■ Exercise aim
From the line containing "roots = others;" to the end of the entries, return every line exactly, both ends included, and add nothing.

======== Supplied information ========

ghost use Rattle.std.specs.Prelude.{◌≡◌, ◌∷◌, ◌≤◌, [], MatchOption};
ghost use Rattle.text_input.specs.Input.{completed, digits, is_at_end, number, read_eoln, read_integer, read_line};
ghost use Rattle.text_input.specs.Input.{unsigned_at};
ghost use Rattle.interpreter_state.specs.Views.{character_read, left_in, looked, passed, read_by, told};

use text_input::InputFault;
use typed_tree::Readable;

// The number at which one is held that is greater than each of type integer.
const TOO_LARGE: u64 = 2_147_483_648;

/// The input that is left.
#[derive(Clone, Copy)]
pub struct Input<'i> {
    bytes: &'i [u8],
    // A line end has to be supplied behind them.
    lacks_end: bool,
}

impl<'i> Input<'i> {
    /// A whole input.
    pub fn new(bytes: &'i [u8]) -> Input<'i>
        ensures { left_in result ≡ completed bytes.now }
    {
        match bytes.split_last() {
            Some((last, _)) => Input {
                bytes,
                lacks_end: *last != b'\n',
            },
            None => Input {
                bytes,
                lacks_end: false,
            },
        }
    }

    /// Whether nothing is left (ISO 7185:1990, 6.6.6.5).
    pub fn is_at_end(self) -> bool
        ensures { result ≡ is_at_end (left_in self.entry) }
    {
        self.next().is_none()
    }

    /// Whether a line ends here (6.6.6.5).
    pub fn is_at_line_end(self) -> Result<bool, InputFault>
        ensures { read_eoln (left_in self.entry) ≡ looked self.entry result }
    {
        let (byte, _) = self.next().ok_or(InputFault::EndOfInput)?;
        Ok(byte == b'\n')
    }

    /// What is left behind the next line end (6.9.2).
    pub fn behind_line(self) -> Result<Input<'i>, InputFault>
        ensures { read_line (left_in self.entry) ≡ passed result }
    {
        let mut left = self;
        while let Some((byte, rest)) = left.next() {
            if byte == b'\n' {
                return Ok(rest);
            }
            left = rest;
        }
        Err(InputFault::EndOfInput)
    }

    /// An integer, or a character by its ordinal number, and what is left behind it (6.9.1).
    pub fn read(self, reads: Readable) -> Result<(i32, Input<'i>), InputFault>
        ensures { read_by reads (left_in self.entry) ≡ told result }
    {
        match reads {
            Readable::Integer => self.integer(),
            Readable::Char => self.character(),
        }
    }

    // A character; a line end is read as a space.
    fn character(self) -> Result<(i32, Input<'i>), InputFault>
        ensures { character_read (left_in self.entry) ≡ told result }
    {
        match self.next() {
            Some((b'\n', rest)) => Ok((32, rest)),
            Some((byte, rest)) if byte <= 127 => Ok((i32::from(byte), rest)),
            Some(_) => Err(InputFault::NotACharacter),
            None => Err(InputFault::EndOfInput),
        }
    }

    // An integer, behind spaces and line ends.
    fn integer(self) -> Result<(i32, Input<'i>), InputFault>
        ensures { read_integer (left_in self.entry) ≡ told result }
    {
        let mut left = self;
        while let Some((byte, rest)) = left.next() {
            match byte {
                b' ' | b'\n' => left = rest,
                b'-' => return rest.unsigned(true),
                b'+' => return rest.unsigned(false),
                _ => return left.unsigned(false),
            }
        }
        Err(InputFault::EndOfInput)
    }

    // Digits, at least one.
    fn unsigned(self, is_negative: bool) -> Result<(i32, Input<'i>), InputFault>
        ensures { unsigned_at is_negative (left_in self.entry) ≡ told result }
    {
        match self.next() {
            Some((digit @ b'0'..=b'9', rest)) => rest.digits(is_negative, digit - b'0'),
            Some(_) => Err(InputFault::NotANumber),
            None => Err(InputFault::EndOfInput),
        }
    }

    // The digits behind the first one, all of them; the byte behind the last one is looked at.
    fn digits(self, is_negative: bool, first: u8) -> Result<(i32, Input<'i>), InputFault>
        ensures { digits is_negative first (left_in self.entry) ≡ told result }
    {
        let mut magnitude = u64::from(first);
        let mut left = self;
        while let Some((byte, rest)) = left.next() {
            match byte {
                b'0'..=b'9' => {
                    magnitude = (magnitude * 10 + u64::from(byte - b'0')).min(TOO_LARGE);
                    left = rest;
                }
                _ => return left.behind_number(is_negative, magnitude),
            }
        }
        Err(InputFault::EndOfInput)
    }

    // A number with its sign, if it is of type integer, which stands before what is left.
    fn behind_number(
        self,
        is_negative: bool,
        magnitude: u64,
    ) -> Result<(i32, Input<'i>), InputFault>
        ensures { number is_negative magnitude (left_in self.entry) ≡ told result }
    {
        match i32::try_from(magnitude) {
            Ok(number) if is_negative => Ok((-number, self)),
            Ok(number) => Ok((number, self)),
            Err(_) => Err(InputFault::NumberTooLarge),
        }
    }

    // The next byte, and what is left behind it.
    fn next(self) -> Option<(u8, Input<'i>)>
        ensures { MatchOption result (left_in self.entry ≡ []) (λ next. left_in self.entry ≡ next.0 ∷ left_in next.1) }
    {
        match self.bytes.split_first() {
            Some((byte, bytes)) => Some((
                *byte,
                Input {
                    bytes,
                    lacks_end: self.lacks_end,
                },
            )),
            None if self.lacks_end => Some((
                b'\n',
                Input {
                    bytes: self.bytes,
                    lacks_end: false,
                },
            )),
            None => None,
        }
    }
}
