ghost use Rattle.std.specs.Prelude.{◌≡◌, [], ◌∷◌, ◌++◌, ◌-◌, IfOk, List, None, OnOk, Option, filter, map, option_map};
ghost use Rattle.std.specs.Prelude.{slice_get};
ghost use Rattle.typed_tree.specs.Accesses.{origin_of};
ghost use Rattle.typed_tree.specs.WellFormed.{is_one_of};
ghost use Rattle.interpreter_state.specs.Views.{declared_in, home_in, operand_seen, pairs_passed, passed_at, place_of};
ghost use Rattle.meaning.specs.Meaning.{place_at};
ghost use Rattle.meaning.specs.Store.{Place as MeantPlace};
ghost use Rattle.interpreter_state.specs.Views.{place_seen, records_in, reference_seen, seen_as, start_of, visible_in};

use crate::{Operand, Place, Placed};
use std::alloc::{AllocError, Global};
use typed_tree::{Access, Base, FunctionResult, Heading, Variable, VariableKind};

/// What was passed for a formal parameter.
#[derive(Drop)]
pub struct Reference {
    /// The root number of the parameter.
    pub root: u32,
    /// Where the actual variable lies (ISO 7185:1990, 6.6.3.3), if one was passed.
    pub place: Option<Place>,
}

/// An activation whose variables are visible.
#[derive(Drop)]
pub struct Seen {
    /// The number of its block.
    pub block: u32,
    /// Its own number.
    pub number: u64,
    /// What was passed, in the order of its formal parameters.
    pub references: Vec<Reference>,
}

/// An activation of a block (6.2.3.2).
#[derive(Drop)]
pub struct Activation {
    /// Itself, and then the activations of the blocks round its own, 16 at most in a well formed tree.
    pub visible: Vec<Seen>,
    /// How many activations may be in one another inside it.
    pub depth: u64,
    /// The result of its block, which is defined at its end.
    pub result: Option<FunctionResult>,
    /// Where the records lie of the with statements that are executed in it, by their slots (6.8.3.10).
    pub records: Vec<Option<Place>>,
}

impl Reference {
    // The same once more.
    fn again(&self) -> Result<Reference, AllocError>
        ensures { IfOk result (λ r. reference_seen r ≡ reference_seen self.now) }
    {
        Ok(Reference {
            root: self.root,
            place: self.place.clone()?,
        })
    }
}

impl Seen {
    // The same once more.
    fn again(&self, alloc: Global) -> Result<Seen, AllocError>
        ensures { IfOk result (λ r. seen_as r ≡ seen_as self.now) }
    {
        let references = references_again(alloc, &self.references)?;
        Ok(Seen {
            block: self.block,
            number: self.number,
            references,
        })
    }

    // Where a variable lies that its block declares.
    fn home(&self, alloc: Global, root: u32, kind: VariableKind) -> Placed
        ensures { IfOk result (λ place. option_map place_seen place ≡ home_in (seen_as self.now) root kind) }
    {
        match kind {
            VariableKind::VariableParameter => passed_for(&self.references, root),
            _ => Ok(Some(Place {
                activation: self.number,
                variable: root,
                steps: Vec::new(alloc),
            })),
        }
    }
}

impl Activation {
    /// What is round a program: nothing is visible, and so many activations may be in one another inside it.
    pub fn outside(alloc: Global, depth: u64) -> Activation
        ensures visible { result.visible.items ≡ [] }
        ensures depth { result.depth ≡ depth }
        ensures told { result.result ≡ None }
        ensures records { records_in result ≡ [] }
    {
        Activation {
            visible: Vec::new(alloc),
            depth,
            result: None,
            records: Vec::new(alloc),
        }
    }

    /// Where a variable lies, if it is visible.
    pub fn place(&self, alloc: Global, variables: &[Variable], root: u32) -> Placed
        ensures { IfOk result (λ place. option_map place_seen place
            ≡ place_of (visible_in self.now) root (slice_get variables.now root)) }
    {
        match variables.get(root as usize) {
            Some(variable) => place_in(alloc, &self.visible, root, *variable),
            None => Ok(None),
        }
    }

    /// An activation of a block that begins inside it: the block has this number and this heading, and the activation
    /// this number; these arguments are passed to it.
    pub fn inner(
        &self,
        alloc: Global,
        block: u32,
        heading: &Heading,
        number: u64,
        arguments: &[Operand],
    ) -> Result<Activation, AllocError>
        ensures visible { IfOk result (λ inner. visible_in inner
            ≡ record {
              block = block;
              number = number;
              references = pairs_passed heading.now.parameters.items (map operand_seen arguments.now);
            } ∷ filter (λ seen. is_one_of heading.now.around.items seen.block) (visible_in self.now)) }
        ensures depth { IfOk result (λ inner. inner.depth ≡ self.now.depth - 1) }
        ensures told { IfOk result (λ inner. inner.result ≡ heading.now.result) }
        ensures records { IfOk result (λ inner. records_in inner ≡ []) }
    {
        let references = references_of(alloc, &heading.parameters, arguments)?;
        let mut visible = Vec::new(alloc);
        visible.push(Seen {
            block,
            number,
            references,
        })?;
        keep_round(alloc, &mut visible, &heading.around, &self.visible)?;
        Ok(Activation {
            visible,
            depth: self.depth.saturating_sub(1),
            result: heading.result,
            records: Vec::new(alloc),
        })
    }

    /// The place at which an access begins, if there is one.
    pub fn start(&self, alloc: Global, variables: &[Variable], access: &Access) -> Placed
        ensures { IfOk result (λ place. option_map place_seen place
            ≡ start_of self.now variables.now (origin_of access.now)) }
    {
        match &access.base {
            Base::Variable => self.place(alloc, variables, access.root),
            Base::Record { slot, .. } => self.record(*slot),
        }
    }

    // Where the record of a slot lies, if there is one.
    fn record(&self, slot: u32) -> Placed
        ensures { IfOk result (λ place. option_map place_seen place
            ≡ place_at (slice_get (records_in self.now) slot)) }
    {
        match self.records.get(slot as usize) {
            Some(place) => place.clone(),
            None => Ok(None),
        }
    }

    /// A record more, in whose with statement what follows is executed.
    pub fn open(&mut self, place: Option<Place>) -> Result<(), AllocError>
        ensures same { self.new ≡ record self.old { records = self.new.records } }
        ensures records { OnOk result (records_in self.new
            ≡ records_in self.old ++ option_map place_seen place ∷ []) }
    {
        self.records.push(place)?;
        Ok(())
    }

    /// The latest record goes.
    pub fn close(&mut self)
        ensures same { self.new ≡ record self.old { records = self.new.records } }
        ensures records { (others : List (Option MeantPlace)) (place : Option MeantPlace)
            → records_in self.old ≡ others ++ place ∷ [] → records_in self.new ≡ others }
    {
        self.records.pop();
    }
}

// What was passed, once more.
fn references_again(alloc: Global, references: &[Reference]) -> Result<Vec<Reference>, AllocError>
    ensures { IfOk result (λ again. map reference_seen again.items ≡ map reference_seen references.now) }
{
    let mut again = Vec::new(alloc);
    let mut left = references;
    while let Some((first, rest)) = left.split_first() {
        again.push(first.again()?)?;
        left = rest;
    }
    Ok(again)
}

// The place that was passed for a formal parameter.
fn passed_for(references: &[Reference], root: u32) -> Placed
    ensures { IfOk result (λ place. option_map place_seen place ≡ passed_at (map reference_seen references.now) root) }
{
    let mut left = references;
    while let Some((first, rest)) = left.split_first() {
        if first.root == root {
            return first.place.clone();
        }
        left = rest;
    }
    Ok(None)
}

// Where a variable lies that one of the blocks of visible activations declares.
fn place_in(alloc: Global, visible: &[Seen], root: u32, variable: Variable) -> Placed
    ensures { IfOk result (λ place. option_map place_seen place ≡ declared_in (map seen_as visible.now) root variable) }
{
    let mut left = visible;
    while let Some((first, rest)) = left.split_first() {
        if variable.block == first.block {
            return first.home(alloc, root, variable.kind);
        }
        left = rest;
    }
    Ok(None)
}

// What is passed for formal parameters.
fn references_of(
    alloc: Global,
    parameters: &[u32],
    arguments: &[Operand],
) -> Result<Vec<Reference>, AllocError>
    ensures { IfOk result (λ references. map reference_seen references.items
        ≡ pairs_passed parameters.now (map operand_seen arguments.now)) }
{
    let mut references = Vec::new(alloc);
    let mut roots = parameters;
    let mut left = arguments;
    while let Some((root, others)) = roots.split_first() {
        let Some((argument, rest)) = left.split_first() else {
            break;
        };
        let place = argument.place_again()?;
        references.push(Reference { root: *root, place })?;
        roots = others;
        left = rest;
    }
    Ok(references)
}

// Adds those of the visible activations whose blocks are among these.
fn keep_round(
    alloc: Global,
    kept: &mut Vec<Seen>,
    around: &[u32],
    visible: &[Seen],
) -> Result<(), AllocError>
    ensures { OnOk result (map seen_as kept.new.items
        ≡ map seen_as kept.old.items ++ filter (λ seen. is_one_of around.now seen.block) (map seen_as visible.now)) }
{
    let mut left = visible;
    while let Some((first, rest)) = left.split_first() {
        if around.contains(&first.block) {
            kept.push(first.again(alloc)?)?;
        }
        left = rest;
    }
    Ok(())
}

========

■ Written response
        roots = others;
        left = rest;
    }
    Ok(references)
}

// Adds those of the visible activations whose blocks are among these.
fn keep_round(
    alloc: Global,
    kept: &mut Vec<Seen>,
    around: &[u32],
    visible: &[Seen],
) -> Result<(), AllocError>
    ensures { OnOk result (map seen_as kept.new.items
        ≡ map seen_as kept.old.items ++ filter (λ seen. is_one_of around.now seen.block) (map seen_as visible.now)) }
{
    let mut left = visible;
    while let Some((first, rest)) = left.split_first() {
        if around.contains(&first.block) {
            kept.push(first.again(alloc)?)?;
        }
        left = rest;
    }
    Ok(())
}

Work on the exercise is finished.